“The world I inherited was a broken, unjust world—a world unspeakably far from okay,” says Jiryu Rutschman-Byler, examining what it means to be “okay”.
One chaotic day in the temple kitchen during the first years of my residential Zen practice, as I ran harried with a pan of food from the oven to the buffet table, my teacher stopped me in my tracks. As he walked through the dining room doors, he took one glance at me and said, “It’s okay.”
It’s okay? It’s okay?
How did he know it was okay? What if it weren’t okay? On what basis could he make such a claim?
Despite my ten thousand doubts, I knew that his unconditional “okay” was precisely what I had come to Buddhism to find. It was the quiet koan at the core of my practice, the longing that would push me to stay year after year at Tassajara and Green Gulch Farm; that drove me on pilgrimage to Mt. Baldy and Shasta Abbey; to Toni Packer, and Japanese monasteries and back again. All of my seeking boiled down to a quest to discover how my teacher knew “it’s okay” regardless of whether he even knew what “it” was.
Perhaps none of us are raised to think that things are fundamentally okay; perhaps that’s not something that anyone can teach us. I know I’m more fortunate than most. I have tremendous gratitude for my family, and I always knew I was seen, loved, and valued. But I was by no means raised to see the terrible suffering and oppression in the world as anything remotely like okay.

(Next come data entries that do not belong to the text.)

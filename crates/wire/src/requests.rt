//! Requests: `H timer`, `H word V`, `H word V N` for the word that is hart H's number N, from 0 on, and `H from N`, which asks for the
//! hart's outputs from number N on once more.

ghost use Rattle.std.specs.Prelude.{◌≡◌, ◌↔◌, ℕ, ◌∷◌, List, Option, IfSome, IfNone, Some, codes, decimal};
ghost use Rattle.ft_types.specs.Counts.{IsCount};
ghost use Rattle.ft_types.specs.Text.{line};
ghost use Rattle.wire.specs.Requests.{HasRequest, SaysRequest, hart_of, number_fields, request_text};
ghost use Rattle.wire.specs.Values.{IsHart};
ghost use Rattle.wire.specs.declared.requests.Request.{Request as request_of_specs};

use crate::fields::{Fields, is};
use crate::line::Line;
use ft_types::{Count, Hart};

/// What a client asks of a primary.
#[derive(Clone, Copy, PartialEq, Eq)]
pub enum Request {
    /// The timer's interrupt.
    Timer(Hart),
    /// A word, and its number among the hart's words where it is told.
    Word {
        hart: Hart,
        word: u32,
        number: Option<Count>,
    },
    /// What the hart put out, from this number on.
    From {
        hart: Hart,
        number: Count,
    },
}

impl Request {
    /// The hart of which something is asked.
    pub fn hart(&self) -> Hart
        ensures { result ≡ hart_of self.now }
    {
        match self {
            Request::Timer(hart) | Request::Word { hart, .. } | Request::From { hart, .. } => *hart,
        }
    }
}

/// The line of a request.
pub fn request_line(request: &Request) -> Line
    ensures { result ≡ line (request_text request.now) }
{
    let mut text = Line::new();
    match request {
        Request::Timer(hart) => {
            text.push_digits(u64::from(hart.number()));
            text.push_field(b"timer");
        }
        Request::Word { hart, word, number } => {
            text.push_digits(u64::from(hart.number()));
            text.push_field(b"word");
            text.push_word(*word);
            if let Some(number) = number {
                text.push_number(*number);
            }
        }
        Request::From { hart, number } => {
            text.push_digits(u64::from(hart.number()));
            text.push_field(b"from");
            text.push_number(*number);
        }
    }
    text.push(b"\n");
    text
}

/// The number that the fields are, or that there is none where no field is left.
fn number_of(mut fields: Fields<'_>) -> Option<Option<Count>>
    ensures found { IfSome result (λ n. IfSome n IsCount × (fields.entry ≡ number_fields n)) }
    ensures none { IfNone result ((n : Option ℕ) → IfSome n IsCount × (fields.entry ≡ number_fields n) → ⊥) }
{
    if fields.is_done() {
        return Some(None);
    }
    let number = fields.take_count()?;
    if fields.is_done() {
        Some(Some(number))
    } else {
        None
    }
}

/// The word to the hart that the fields behind the name are.
fn word_of(hart: Hart, mut fields: Fields<'_>) -> Option<Request>
    ensures found { IfSome result (λ r. (harts : ℕ) → IsHart harts hart → HasRequest harts (decimal hart ∷ codes "word" ∷ fields.entry) r) }
    ensures none { IfNone result ((harts : ℕ) (r : request_of_specs) → HasRequest harts (decimal hart ∷ codes "word" ∷ fields.entry) r → ⊥) }
{
    let word = fields.take_word()?;
    let number = number_of(fields)?;
    Some(Request::Word { hart, word, number })
}

/// The request for the hart's outputs that the fields behind the name are.
fn from_of(hart: Hart, mut fields: Fields<'_>) -> Option<Request>
    ensures found { IfSome result (λ r. (harts : ℕ) → IsHart harts hart → HasRequest harts (decimal hart ∷ codes "from" ∷ fields.entry) r) }
    ensures none { IfNone result ((harts : ℕ) (r : request_of_specs) → HasRequest harts (decimal hart ∷ codes "from" ∷ fields.entry) r → ⊥) }
{
    let number = fields.take_count()?;
    if fields.is_done() {
        Some(Request::From { hart, number })
    } else {
        None
    }
}

/// The request that the fields are, for this number of harts.
fn request_of(harts: u8, mut fields: Fields<'_>) -> Option<Request>
    ensures found { IfSome result (λ r. HasRequest harts fields.entry r) }
    ensures none { IfNone result ((r : request_of_specs) → HasRequest harts fields.entry r → ⊥) }
{
    let hart = fields.take_hart(harts)?;
    let name = fields.take()?;
    if is(name, b"word") {
        word_of(hart, fields)
    } else if is(name, b"from") {
        from_of(hart, fields)
    } else if is(name, b"timer") && fields.is_done() {
        Some(Request::Timer(hart))
    } else {
        None
    }
}

/// The request that a line's text is, for this number of harts.
pub fn read_request(harts: u8, text: &[u8]) -> Option<Request>
    ensures exact { (r : request_of_specs) → (result ≡ Some r) ↔ SaysRequest harts text.now r }
{
    request_of(harts, Fields::new(text))
}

All four of my grandparents were Mennonite missionaries, carrying their biblical values and pacifist agenda from the cornfields of North America to the jungles of Colombia and the pampas of Argentina. There they encountered a vibrant liberation theology that profoundly informed their Christianity. My parents were missionary kids born and raised in Latin America, and though they drifted from the doctrine and community of their parents’ faith, they kept many of the core values and brought them into vigorous engagement in their work for peace and justice. They became Quakers, and their vow to live for the welfare of others was supported and polished.
I was born in Argentina and my brother in Uruguay in the mid-1970s, during the unfolding of the “dirty war.” Amid the violence, disappearances, anxiety, and suspicion, my parents put their faith in the struggle for change. They saw a world ruled by injustice, and for moral people the right response could only be to stand up, to speak out, and to fight hard against oppression.

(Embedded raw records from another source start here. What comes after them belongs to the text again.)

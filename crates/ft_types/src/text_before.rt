//! Text that is put before a place in bytes: a line can be made from its end, where the lengths of its numbers are not
//! asked for.

ghost use Rattle.std.specs.Prelude.{◌≡◌, ◌+◌, ◌-◌, ◌/◌, ◌%◌, ◌<◌, ◌≤◌, ◌∷◌, ◌++◌, length, drop, decimal};
ghost use Rattle.ft_types.specs.Text.{hex_digit, word};

use crate::text::byte_text;
use itoa::write_digits;

/// Puts a piece so that it ends at `end`, and says where it starts.
#[inline(always)]
pub fn put_before(bytes: &mut [u8], end: usize, piece: &[u8]) -> usize
    requires room { length piece.now ≤ end }
    requires end { end ≤ length bytes.old }
    ensures start { result + length piece.now ≡ end }
    ensures written { drop result bytes.new ≡ piece.now ++ drop end bytes.old }
{
    let start = end - piece.len();
    bytes[start..end].copy_from_slice(piece);
    start
}

/// Puts a number so that it ends at `end`, and says where it starts.
#[inline]
pub fn put_number_before(bytes: &mut [u8], end: usize, number: u64) -> usize
    requires room { 20 ≤ end }
    requires end { end ≤ length bytes.old }
    ensures start { (result ≤ end) × (end ≤ result + 20) }
    ensures written { drop result bytes.new ≡ decimal number ++ drop end bytes.old }
{
    write_digits(number, bytes, end)
}

#[inline(always)]
fn put_byte_before(bytes: &mut [u8], end: usize, byte: u32)
    requires byte { byte < 256 }
    requires room { 2 ≤ end }
    requires end { end ≤ length bytes.old }
    ensures { drop (end - 2) bytes.new ≡ hex_digit (byte / 16) ∷ hex_digit (byte % 16) ∷ drop end bytes.old }
{
    let (high, low) = byte_text(byte);
    bytes[end - 2] = high;
    bytes[end - 1] = low;
}

/// Puts a word so that it ends at `end`, and says where it starts.
#[inline]
pub fn put_word_before(bytes: &mut [u8], end: usize, value: u32) -> usize
    requires room { 8 ≤ end }
    requires end { end ≤ length bytes.old }
    ensures start { result + 8 ≡ end }
    ensures written { drop result bytes.new ≡ word value ++ drop end bytes.old }
{
    put_byte_before(bytes, end, value % 256);
    put_byte_before(bytes, end - 2, value / 256 % 256);
    put_byte_before(bytes, end - 4, value / 0x1_0000 % 256);
    put_byte_before(bytes, end - 6, value / 0x100_0000);
    end - 8
}
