//! How many keepers there are, and how many of them must hold an output.

ghost use Rattle.ft_types.specs.declared.names.TheConstants.{KEEPER_LIMIT};
ghost use Rattle.std.specs.Prelude.{◌≡◌, ◌<◌, ◌≤◌, ◌↔◌, IsSome, IfSome};

use crate::names::KEEPER_LIMIT;

/// Keepers, and how many of them must hold an output before it goes out.
#[derive(Clone, Copy, PartialEq, Eq)]
pub struct Quorum {
    keepers: u8,
    need: u8,
    ghost sized: { (0 < need) × (need ≤ keepers) × (keepers ≤ KEEPER_LIMIT) },
}

impl Quorum {
    /// 1 to 5 keepers, of whom 1 to all must hold an output: `None` for other numbers.
    pub fn new(keepers: u64, need: u64) -> Option<Quorum>
        ensures exact { IsSome result ↔ ((0 < need) × (need ≤ keepers) × (keepers ≤ KEEPER_LIMIT)) }
        ensures parts { IfSome result (λ q. (q.keepers ≡ keepers) × (q.need ≡ need)) }
    {
        if need == 0 || need > keepers || keepers > u64::from(KEEPER_LIMIT) {
            return None;
        }
        Some(Quorum {
            keepers: keepers as u8,
            need: need as u8,
        })
    }

    /// The number of keepers.
    pub fn keepers(self) -> u8
        ensures value { result ≡ self.keepers }
        ensures some { 0 < result }
        ensures limit { result ≤ KEEPER_LIMIT }
    {
        self.keepers
    }

    /// How many of them must hold an output.
    pub fn need(self) -> u8
        ensures value { result ≡ self.need }
        ensures some { 0 < result }
        ensures limit { result ≤ self.keepers }
    {
        self.need
    }
}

My parents joined in the resistance to the military dictatorships, and many of their friends were imprisoned, tortured, disappeared. The stories of my early childhood include my mother and grandfather visiting police station after police station asking after my detained father, or my mother clogging the toilet with Marxist books she was desperately trying to flush while army patrols swept the neighborhood looking for dissidents. There was love in their world, to be sure, and the deep solidarity of el pueblo unido, but it was candlelight in an abyss. There was only a guiding glimmer of redemption, a Marxist Christian hope that with the struggle of the righteous the tide might somehow turn, and the last—at last—might be first.
The world I inherited was a broken, unjust world—a world unspeakably far from okay.
And who would dare to say otherwise, in the face of endless wars, ecological devastation, starvation, oppression? Who would have the gall to walk through the dining room doors of the world and proclaim, “It’s okay”? Maybe to a healthy young monk in a temple kitchen, but to struggling farmers displaced from their land, their water polluted? To the widowed, the orphaned, the maimed?
And yet to ground our compassion we must find precisely that gall. In the dharma I found the invitation to say with full confidence—sometimes silently and sometimes aloud—that no matter what, it’s okay. I depend on passionate activists like my parents to help keep my okay from becoming lazy or complacent, but I have no doubt that the bedrock of my bodhisattva activity must be “it’s okay.”
Not from desperate brokenness, but from the clarity and ease of “it’s okay” may we bear witness to the suffering of the world and wholeheartedly work to heal it.